Red triangles indicate predicted downward movements.
plt.figure(figsize=(14,6))
plt.plot(data.index[-len(y_test):], data["Close"][-len(y_test):], label='Close Price')
plt.plot(data.index[-len(y_test):][y_pred == 1], data["Close"][-len(y_test):][y_pred == 1], '^', markersize=10, color='g', label='Predicted Up')
plt.plot(data.index[-len(y_test):][y_pred == 0], data["Close"][-len(y_test):][y_pred == 0], 'v', markersize=10, color='r', label='Predicted Down')
plt.title("Predicted Bitcoin Direction vs Close Price")
plt.legend()
plt.savefig("predicted_market_direction.png")
plt.show()

Predicted Bitcoin Direction vs Close Price
Confusion Matrix
A confusion matrix gives a snapshot of how many predictions were correct and incorrect. It distinguishes:
True positives (correctly predicted ups).
True negatives (correctly predicted downs).

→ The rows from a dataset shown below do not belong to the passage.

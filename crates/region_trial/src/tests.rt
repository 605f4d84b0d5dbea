//! What no clause says: the rows of worked programs. The reports of many more are tests of the whole program.

ghost use Rattle.std.specs.Prelude.{◌^◌, ◌≤◌, ◌*◌, length};

use crate::{Finished, Row, Trial, run_trial};
use elf32_loader::load;
use guest_model::End;
use region_ledger::Verdict;
use rv32_asm::small_image;
use std::alloc::Global;
use std::test::Fail;

/// The trial of the small image of these words.
fn trial_of(alloc: Global, words: &[u32], budget: u64) -> Result<Trial, Fail>
    requires few { 4 * length words.now ≤ 16777216 }
    requires within { budget ≤ 2 ^ 40 }
{
    let image = small_image(alloc, words)?;
    let loaded = load(alloc, image.as_slice())?;
    Ok(run_trial(alloc, &loaded, &[], budget)?)
}

/// The one region of the worked programs.
fn kept(original: u64, fast: u64) -> Row {
    Row {
        number: 0,
        at: 1,
        pc: 0x10004,
        original,
        fast,
        verdict: Verdict::Kept,
    }
}

/// A sum by a loop and by one addition, and then the exit with it. The region closes after 37 instructions.
#[test]
fn tries_a_sum_within_budgets(rt: HostRuntime) -> Result<(), Fail> {
    let sum = [
        0x7D00_0893,
        0x0000_0073,
        0x0005_1E63,
        0x0000_0513,
        0x00A0_0293,
        0x0055_0533,
        0xFFF2_8293,
        0xFE02_9CE3,
        0x00C0_006F,
        0x0370_0513,
        0x0000_0293,
        0x7D10_0893,
        0x0000_0073,
        0x05D0_0893,
        0x0000_0073,
    ];
    for (budget, rows, end, count) in [
        (1000, [kept(36, 5)].as_slice(), End::Exit(55), 40),
        (40, [kept(36, 5)].as_slice(), End::Exit(55), 40),
        (39, [kept(36, 5)].as_slice(), End::Spent, 39),
        (37, [kept(36, 5)].as_slice(), End::Spent, 37),
        (36, [].as_slice(), End::Spent, 36),
        (1, [].as_slice(), End::Spent, 1),
        (0, [].as_slice(), End::Spent, 0),
    ] {
        let trial = trial_of(rt.alloc(), &sum, budget)?;
        assert_eq!(rt; trial.rows.as_slice(), rows, "budget {budget}");
        assert_eq!(rt; trial.finished, Finished { end, count });
    }
    Ok(())
}

/// An opening call inside a region, a closing call outside of one, and a region that never closes.
#[test]
fn tries_other_shapes(rt: HostRuntime) -> Result<(), Fail> {
    let opens_twice = [
        0x7D00_0893,
        0x0000_0073,
        0x0000_0073,
        0x0000_0513,
        0x7D10_0893,
        0x0000_0073,
        0x05D0_0893,
        0x0000_0073,
    ];
    let closes_only = [
        0x7D10_0893,
        0x0000_0073,
        0x0000_0513,
        0x05D0_0893,
        0x0000_0073,
    ];
    let never_closes = [0x7D00_0893, 0x0000_0073, 0x05D0_0893, 0x0000_0073];
    let trial = trial_of(rt.alloc(), &opens_twice, 1000)?;
    assert_eq!(rt; trial.rows.as_slice(), [kept(4, 4)].as_slice());
    assert_eq!(rt; trial.finished.count, 8);
    let trial = trial_of(rt.alloc(), &closes_only, 1000)?;
    assert!(rt; trial.rows.as_slice().is_empty());
    assert_eq!(rt; trial.finished.count, 5);
    let trial = trial_of(rt.alloc(), &never_closes, 1000)?;
    assert!(rt; trial.rows.as_slice().is_empty());
    assert_eq!(rt; trial.finished.count, 4);
    Ok(())
}
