//! The trial of a program.

ghost use Rattle.std.specs.Prelude.{◌≡◌, ◌+◌, ◌≤◌, ◌<◌, ◌^◌, IfOk};
ghost use Rattle.speculation.specs.declared.tracks.Kind.TheVariants.{Segment};
ghost use Rattle.guest_model.specs.Image.{start_of};
ghost use Rattle.rv32_law.specs.GuestStates.{IsGuestState};
ghost use Rattle.elf32_loader.specs.LoadedImage.{image_of_loaded};
ghost use Rattle.track_state.specs.Kept.{flat_state};
ghost use Rattle.track_state.specs.Views.{view_of, begun};
ghost use Rattle.region_trial.specs.Trials.{IsTrialOf};
ghost use Rattle.region_trial.specs.Regions.{Steps};

use crate::region::{Step, pass_region};
use crate::running::reach;
use elf32_loader::Loaded;
use guest_model::{NoMemory, Regs, State};
use paged_image::PagedImage;
use region_ledger::{Finished, Rows};
use std::alloc::Global;
use track_state::{Kind, Track, TrackState};

/// How a program ended, and the ledger of its regions.
#[derive(Debug, Drop)]
pub struct Trial {
    pub finished: Finished,
    pub rows: Rows,
}

/// Runs the program of an image for at most `budget` instructions, from 0 to 2^40, and both versions of each region
/// that closes within them. The program goes on behind a region from where the original closed it. What the program
/// writes is dropped.
///
/// # Errors
/// `NoMemory` where there was no room for the pages of a track or for a row.
pub fn run_trial(
    alloc: Global,
    loaded: &Loaded,
    input: &[u8],
    budget: u64,
) -> Result<Trial, NoMemory>
    requires within { budget ≤ 2 ^ 40 }
    ensures { IfOk result (IsTrialOf loaded.now input.now budget) }
{
    let mut track = begin(alloc, loaded, budget)?;
    let mut rows = Vec::new(alloc);
    let mut at = 0;
    loop {
        match next_region(track, input, rows.len() as u64, at, budget - at)? {
            Step::Region(region) => {
                at = region.row.at + region.row.original;
                rows.push(region.row)?;
                track = region.go_on()?;
            }
            Step::Finished(finished) => {
                return Ok(Trial {
                    finished,
                    rows: Rows::from_vec(rows),
                });
            }
        }
    }
}

/// The segment with which the program of an image begins. It and all tracks that come of it may take `budget` instructions
/// each.
///
/// # Errors
/// `NoMemory` where there was no room for its pages.
pub fn begin(alloc: Global, loaded: &Loaded, budget: u64) -> Result<Track, NoMemory>
    ensures { IfOk result (λ t. view_of t ≡ begun Segment (start_of (image_of_loaded loaded.now)) budget) }
{
    Track::begin(alloc, Kind::Segment, start(alloc, loaded)?, budget)
}

/// The state in which the program of an image starts.
fn start(alloc: Global, loaded: &Loaded) -> Result<TrackState, NoMemory>
    ensures { IfOk result (λ s. flat_state s ≡ start_of (image_of_loaded loaded.now)) }
{
    Ok(State {
        regs: Regs::start(loaded.entry),
        memory: PagedImage::from_areas(alloc, loaded.areas.as_slice())?,
        place: 0,
        heap: loaded.heap,
    })
}

/// Runs the program on to its next region and over it, from a segment's start after `at` instructions of the program and
/// with `left` still in its budget. `number` is the row's.
///
/// # Errors
/// `NoMemory` where there was no room for the pages of a track.
pub fn next_region(
    mut track: Track,
    input: &[u8],
    number: u64,
    at: u64,
    left: u64,
) -> Result<Step, NoMemory>
    requires track { view_of track ≡ begun Segment (view_of track).start (view_of track).budget }
    requires guest { IsGuestState input.now (view_of track).start }
    requires budget { left ≤ (view_of track).budget }
    requires sum { at + left < 2 ^ 64 }
    ensures { IfOk result (λ step. Steps input.now (view_of track).start at left number step (view_of track).budget) }
{
    let reached = reach(&mut track, input, left)?;
    let own = track.own();
    match reached.finished(at + own) {
        Some(finished) => Ok(Step::Finished(finished)),
        None => pass_region(track, input, number, at + own, left - own),
    }
}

False positives and false negatives.
cm = confusion_matrix(y_test, y_pred)
sns.heatmap(cm, annot=True, fmt='d', cmap='Blues')
plt.xlabel('Predicted')
plt.ylabel('Actual')
plt.title('Confusion Matrix')
plt.savefig("confusion_matrix.png")
plt.show()

Confusion Matrix
This project demonstrates how machine learning and thoughtful feature engineering can be used to predict the direction of Bitcoin’s price.
While our model makes use of simple technical indicators and historical data, real-world trading strategies would require additional considerations such as transaction costs, slippage, and risk management.